INPUT:
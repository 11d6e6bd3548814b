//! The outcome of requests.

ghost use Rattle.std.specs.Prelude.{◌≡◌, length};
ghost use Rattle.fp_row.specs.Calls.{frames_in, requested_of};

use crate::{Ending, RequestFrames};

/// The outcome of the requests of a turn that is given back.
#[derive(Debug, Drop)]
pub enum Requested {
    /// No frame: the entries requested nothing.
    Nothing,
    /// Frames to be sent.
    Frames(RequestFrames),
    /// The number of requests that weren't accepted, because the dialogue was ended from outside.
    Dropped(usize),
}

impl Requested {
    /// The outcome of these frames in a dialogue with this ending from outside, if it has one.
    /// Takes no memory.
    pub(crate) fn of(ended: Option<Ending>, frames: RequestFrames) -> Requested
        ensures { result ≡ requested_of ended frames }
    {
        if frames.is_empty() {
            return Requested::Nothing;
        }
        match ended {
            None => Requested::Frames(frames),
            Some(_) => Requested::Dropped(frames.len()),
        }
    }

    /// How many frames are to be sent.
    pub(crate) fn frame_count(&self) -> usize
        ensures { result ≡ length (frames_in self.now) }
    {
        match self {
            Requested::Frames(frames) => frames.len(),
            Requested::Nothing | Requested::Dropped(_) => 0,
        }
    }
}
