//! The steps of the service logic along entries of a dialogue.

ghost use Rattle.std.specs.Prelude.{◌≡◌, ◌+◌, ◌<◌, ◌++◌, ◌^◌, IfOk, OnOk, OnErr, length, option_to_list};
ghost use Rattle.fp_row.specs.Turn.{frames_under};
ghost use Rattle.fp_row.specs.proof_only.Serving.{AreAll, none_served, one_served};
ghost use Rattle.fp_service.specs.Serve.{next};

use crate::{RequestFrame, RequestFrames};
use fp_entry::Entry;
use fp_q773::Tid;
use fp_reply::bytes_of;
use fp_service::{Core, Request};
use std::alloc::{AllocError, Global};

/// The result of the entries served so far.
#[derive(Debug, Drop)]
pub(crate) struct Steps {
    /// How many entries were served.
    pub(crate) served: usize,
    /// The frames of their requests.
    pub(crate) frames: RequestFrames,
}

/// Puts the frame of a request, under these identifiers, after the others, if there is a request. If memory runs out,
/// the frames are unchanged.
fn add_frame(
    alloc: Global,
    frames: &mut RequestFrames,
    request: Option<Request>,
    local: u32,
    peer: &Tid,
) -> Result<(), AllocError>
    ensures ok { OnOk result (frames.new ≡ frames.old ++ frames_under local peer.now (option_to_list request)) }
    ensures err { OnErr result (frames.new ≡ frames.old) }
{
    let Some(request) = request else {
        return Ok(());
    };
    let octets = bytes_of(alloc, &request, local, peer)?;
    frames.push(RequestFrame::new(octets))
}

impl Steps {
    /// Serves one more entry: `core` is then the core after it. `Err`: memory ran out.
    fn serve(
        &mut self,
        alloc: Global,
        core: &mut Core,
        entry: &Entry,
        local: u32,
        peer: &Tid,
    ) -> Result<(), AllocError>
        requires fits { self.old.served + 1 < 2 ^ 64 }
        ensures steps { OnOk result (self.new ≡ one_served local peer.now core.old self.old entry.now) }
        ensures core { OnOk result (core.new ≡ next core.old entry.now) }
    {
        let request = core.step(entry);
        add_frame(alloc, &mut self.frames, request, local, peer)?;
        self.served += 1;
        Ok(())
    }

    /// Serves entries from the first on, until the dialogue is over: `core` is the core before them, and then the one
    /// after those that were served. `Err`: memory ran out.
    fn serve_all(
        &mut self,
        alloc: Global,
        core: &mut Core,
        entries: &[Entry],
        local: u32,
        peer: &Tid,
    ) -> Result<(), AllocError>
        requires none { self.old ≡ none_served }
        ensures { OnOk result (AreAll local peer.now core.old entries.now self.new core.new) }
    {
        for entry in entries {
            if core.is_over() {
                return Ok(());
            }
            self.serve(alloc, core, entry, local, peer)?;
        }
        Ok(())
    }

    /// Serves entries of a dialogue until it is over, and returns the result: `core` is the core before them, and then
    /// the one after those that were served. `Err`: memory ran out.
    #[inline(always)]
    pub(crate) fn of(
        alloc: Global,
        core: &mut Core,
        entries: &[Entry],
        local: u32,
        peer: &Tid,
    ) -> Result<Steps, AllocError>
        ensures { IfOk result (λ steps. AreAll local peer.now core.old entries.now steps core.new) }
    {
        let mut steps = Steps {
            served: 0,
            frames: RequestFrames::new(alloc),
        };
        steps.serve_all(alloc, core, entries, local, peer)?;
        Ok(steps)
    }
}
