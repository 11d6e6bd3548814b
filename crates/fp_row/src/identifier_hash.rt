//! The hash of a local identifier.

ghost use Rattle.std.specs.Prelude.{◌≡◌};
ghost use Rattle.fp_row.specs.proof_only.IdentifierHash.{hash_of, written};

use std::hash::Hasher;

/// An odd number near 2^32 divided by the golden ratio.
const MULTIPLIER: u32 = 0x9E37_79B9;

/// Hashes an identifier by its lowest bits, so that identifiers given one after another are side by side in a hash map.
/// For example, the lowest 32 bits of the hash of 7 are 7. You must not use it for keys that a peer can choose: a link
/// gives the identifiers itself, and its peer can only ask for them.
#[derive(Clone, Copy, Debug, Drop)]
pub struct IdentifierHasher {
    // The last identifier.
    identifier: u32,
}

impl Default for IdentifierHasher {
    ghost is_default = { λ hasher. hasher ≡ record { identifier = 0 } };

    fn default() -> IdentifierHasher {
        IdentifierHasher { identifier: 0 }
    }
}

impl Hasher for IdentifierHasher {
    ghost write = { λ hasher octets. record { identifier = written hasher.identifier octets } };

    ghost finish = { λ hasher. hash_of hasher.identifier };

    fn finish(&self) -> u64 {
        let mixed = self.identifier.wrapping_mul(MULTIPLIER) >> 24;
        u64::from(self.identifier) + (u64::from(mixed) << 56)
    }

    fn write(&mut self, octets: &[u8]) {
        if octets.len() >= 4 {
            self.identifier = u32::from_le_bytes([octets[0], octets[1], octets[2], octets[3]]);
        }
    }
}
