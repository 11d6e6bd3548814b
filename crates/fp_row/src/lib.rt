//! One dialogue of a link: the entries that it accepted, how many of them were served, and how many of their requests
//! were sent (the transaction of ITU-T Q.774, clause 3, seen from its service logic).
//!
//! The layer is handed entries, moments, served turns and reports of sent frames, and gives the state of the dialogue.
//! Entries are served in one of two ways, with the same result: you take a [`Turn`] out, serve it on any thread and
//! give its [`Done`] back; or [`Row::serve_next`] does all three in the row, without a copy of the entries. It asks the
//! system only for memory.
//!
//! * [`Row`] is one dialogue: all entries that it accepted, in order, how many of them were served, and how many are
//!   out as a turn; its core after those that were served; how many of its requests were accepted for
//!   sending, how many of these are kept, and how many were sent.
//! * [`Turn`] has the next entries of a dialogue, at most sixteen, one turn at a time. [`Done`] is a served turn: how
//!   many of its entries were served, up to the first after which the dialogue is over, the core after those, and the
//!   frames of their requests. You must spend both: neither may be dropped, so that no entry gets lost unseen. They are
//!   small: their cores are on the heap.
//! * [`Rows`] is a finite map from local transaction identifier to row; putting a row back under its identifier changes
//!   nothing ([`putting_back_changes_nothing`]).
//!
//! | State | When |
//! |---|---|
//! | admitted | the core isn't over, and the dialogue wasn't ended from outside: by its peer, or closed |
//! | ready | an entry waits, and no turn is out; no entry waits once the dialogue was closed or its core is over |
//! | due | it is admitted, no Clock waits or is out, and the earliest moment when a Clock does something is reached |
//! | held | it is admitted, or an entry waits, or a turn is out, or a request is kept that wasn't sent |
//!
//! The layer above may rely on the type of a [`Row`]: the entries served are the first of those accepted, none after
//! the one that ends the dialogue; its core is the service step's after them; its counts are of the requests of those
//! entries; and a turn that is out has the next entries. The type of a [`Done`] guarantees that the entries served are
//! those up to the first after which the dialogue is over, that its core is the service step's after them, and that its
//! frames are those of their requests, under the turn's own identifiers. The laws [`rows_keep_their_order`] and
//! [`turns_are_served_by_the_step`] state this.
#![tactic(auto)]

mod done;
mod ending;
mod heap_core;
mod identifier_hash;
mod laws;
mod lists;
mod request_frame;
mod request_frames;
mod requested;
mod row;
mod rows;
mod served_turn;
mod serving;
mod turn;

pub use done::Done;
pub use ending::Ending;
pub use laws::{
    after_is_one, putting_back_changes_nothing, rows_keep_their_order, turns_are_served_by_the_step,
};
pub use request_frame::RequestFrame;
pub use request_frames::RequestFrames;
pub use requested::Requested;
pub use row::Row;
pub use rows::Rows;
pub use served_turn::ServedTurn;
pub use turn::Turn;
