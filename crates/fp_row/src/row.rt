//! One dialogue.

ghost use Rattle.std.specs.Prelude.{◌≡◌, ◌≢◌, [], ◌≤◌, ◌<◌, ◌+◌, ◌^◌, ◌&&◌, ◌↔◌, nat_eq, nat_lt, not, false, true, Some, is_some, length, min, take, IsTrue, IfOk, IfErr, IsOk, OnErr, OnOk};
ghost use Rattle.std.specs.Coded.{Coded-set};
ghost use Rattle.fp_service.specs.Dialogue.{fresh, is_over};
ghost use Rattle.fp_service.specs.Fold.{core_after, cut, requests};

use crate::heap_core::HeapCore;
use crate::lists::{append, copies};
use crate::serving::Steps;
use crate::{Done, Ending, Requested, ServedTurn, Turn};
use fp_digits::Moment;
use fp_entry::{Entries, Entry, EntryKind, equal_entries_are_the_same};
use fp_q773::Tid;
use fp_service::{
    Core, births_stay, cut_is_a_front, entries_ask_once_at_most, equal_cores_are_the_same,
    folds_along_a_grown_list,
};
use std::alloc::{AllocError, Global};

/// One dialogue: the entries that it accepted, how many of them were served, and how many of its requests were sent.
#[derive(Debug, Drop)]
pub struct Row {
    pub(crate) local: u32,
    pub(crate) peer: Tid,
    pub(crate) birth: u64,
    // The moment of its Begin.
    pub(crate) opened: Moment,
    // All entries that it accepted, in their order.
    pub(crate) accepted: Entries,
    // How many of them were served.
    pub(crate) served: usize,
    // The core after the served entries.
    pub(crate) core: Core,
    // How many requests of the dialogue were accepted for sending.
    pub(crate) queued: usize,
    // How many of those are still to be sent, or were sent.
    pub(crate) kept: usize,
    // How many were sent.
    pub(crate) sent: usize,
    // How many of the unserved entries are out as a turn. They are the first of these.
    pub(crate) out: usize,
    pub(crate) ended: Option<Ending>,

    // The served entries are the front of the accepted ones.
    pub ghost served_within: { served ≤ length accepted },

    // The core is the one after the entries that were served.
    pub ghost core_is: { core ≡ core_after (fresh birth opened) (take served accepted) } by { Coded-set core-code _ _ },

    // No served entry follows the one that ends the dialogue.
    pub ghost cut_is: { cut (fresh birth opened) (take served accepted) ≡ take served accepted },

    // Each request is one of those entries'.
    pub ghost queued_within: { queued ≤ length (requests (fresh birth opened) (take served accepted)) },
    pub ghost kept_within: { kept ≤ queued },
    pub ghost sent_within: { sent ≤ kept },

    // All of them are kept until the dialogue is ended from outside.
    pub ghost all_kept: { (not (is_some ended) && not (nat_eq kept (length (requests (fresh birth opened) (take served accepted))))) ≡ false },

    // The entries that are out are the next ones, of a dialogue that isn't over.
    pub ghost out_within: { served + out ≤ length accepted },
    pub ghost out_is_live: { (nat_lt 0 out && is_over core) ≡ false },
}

TASK: Please return a copy of each line in the entries that has the string "until".

RESULT:
    /// Serves entries from the first on, until the dialogue is over: `core` is the core before them, and then the one
    /// Serves entries of a dialogue until it is over, and returns the result: `core` is the core before them, and then
    // All of them are kept until the dialogue is ended from outside.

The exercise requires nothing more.